WORK REQUIRED = Filter the material below down to the lines with the word "IfOk" and give those lines.

---------------

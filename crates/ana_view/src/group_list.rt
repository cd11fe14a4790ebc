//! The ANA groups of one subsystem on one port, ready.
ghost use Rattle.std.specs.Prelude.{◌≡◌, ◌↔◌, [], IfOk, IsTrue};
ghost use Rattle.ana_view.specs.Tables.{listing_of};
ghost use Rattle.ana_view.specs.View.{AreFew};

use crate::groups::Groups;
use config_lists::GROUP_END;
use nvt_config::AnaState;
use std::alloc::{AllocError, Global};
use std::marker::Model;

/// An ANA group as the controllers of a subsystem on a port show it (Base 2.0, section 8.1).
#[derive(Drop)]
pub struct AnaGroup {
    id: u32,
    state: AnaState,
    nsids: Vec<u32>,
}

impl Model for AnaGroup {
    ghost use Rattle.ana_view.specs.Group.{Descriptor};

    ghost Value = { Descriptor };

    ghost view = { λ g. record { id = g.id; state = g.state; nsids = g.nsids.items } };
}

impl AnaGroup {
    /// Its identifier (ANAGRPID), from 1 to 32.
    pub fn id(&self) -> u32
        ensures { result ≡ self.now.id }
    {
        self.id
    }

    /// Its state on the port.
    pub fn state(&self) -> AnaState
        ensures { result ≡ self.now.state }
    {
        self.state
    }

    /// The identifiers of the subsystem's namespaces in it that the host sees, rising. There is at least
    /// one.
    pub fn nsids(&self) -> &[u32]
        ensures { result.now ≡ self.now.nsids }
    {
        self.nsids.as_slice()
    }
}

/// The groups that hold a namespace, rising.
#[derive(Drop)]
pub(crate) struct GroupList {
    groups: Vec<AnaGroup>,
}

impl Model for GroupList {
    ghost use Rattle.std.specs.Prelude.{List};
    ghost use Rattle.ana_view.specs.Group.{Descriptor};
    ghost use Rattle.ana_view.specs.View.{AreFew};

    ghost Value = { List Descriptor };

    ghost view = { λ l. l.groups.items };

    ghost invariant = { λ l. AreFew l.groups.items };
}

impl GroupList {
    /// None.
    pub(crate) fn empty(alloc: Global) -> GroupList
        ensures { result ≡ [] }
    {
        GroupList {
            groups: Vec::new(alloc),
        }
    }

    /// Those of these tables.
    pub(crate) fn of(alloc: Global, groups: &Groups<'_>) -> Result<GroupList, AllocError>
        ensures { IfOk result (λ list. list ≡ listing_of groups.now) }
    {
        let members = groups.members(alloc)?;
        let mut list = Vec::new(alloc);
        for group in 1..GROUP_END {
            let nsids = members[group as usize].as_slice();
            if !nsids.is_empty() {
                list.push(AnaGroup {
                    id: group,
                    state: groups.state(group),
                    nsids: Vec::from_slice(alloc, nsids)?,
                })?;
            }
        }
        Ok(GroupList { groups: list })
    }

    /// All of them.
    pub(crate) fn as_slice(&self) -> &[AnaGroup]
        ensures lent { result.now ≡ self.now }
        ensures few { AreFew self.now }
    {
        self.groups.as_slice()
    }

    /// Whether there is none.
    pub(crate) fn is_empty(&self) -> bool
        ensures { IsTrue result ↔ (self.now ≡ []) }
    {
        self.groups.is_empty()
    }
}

---------------

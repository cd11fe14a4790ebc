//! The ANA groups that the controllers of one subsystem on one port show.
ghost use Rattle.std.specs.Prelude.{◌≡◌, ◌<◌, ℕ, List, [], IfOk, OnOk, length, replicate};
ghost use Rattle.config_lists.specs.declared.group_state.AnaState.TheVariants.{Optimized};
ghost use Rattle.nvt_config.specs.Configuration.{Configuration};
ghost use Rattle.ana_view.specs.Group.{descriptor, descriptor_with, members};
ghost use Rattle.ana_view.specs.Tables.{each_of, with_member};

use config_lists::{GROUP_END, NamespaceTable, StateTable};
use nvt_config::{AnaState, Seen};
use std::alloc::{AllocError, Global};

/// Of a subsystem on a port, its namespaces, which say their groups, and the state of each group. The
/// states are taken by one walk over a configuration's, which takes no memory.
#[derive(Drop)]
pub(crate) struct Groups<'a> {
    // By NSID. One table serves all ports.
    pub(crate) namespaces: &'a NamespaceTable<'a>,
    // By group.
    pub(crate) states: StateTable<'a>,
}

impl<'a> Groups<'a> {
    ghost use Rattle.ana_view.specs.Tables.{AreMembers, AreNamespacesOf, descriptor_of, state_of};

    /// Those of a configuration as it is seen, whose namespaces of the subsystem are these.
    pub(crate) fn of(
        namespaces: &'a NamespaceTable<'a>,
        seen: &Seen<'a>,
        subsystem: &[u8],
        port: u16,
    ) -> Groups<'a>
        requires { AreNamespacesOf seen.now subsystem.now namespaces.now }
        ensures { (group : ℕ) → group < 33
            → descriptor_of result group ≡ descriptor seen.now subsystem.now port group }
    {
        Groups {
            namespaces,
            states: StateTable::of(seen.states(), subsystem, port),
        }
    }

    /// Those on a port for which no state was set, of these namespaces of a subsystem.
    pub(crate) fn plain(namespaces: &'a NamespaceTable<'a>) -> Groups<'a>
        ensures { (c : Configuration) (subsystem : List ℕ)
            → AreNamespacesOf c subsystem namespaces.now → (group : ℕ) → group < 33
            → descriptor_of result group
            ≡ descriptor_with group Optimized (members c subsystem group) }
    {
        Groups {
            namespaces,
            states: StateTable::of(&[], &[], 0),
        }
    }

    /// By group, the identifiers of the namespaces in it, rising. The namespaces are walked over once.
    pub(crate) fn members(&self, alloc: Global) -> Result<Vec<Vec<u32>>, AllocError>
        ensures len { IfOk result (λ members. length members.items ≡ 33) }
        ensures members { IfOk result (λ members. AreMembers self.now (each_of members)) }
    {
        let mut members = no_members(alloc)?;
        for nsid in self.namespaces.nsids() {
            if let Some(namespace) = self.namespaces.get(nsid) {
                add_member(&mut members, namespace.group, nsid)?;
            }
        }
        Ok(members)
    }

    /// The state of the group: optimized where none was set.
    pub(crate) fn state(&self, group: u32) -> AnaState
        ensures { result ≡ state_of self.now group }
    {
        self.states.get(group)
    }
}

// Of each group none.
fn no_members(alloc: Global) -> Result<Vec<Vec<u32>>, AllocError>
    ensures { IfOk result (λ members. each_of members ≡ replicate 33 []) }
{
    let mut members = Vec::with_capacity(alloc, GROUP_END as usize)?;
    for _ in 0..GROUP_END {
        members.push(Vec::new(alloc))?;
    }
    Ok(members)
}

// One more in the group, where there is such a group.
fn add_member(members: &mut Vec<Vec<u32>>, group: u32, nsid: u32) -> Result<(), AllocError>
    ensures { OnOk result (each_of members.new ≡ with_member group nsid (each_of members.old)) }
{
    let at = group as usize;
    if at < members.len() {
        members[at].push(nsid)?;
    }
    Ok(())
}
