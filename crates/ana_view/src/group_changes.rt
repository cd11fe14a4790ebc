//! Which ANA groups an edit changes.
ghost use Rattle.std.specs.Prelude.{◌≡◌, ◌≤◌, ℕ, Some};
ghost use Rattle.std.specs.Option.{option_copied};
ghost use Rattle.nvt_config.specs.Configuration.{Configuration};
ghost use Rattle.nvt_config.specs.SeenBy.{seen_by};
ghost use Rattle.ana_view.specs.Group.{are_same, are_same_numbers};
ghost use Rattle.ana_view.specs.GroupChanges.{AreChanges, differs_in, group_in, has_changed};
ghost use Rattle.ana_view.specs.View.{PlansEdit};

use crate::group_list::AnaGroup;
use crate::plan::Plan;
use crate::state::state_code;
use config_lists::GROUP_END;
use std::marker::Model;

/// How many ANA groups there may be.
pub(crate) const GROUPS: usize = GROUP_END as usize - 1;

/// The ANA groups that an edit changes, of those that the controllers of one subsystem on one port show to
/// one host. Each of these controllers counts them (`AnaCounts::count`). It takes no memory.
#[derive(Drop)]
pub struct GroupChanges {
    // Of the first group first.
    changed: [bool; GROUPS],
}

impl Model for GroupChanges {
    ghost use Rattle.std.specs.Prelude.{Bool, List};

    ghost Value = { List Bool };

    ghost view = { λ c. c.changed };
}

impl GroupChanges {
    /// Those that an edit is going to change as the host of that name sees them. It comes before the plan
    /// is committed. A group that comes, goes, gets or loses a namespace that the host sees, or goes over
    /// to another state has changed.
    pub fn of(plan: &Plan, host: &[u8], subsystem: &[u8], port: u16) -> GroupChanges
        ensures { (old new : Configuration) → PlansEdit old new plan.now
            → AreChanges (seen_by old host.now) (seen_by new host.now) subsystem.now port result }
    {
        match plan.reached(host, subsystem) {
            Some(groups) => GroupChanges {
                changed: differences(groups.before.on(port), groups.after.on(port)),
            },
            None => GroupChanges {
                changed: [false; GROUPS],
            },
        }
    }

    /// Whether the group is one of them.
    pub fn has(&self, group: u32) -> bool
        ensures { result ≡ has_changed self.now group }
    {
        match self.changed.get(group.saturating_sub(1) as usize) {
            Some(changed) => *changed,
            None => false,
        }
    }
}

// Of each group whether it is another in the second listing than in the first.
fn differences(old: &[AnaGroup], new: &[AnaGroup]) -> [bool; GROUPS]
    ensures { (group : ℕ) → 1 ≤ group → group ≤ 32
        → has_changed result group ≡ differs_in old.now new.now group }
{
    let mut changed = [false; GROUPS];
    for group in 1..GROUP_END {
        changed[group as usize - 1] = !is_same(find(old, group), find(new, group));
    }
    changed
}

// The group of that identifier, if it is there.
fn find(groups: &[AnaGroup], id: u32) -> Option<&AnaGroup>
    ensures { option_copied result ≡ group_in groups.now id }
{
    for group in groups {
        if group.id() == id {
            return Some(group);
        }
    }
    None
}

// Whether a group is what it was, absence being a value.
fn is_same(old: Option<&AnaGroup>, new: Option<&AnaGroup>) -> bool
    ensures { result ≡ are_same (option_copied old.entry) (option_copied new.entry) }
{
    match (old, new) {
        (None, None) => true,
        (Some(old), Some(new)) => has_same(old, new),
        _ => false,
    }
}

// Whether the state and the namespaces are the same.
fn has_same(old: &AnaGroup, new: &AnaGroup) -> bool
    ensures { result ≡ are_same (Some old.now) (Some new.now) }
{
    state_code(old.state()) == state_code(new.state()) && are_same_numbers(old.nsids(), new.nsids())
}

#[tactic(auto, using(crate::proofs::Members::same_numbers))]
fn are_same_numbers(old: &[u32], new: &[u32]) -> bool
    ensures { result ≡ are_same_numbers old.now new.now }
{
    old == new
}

---------------

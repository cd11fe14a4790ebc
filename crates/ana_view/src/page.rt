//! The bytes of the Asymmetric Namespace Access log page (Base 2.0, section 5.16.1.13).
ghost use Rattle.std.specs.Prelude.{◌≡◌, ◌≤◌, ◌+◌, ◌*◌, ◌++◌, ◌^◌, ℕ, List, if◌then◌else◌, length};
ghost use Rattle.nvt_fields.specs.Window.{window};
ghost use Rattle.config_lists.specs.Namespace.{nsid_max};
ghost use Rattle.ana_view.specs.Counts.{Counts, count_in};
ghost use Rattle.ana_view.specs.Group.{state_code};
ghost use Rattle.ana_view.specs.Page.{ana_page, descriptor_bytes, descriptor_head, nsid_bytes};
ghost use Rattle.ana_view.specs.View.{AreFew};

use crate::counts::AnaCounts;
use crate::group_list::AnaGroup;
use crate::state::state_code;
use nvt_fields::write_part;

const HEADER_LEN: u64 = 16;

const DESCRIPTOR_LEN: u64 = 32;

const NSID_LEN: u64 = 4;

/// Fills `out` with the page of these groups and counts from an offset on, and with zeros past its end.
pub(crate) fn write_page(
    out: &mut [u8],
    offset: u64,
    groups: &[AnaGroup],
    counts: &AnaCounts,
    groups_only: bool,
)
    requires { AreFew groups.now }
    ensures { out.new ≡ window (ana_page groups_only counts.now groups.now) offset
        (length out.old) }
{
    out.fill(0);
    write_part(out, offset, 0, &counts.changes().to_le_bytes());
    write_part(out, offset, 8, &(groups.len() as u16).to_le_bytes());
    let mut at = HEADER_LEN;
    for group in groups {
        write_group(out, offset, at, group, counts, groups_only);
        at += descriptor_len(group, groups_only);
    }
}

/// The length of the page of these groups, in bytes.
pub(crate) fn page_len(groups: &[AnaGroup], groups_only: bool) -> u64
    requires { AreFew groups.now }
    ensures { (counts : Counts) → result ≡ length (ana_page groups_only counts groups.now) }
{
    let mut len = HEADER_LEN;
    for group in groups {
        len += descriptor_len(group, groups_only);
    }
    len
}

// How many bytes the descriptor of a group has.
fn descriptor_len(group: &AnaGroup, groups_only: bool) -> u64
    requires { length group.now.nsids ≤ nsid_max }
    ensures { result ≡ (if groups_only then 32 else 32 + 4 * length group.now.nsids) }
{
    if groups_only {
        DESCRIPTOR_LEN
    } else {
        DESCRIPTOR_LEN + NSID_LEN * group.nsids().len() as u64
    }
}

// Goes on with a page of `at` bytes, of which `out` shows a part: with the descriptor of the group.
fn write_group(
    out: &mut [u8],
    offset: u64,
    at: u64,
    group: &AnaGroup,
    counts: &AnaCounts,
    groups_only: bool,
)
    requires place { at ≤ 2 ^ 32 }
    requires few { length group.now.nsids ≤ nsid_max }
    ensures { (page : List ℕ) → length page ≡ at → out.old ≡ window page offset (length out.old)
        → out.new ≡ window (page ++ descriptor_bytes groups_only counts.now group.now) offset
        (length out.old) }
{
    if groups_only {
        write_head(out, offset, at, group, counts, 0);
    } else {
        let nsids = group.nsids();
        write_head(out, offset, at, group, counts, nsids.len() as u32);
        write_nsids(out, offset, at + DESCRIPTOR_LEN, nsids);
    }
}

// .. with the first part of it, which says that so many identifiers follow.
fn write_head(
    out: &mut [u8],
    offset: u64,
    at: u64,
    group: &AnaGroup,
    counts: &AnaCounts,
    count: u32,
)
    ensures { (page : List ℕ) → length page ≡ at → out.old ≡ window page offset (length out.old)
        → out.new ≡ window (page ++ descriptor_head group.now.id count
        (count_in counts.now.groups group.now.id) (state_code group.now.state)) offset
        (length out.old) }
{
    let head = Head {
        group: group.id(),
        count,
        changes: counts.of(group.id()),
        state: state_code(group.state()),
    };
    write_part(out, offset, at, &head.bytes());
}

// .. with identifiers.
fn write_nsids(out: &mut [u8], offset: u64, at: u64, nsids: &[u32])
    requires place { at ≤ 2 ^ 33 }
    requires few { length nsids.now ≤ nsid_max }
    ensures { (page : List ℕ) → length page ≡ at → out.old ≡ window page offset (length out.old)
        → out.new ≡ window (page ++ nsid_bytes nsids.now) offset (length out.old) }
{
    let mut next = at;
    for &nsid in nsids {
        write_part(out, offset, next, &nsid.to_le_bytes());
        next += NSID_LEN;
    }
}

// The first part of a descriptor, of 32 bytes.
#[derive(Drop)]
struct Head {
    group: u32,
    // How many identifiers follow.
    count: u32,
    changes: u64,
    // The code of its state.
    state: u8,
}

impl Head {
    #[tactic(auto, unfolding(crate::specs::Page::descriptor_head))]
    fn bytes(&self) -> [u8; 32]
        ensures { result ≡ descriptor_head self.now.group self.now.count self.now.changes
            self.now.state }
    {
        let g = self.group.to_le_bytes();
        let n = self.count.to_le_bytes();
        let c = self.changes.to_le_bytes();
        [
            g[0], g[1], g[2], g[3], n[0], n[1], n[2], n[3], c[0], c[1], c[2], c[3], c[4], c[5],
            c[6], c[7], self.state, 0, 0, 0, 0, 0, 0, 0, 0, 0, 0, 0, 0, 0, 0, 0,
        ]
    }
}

---------------

TASK ANSWER =
ghost use Rattle.std.specs.Prelude.{◌≡◌, ◌↔◌, [], IfOk, IsTrue};
        ensures { IfOk result (λ list. list ≡ listing_of groups.now) }
ghost use Rattle.std.specs.Prelude.{◌≡◌, ◌<◌, ℕ, List, [], IfOk, OnOk, length, replicate};
        ensures len { IfOk result (λ members. length members.items ≡ 33) }
        ensures members { IfOk result (λ members. AreMembers self.now (each_of members)) }
    ensures { IfOk result (λ members. each_of members ≡ replicate 33 []) }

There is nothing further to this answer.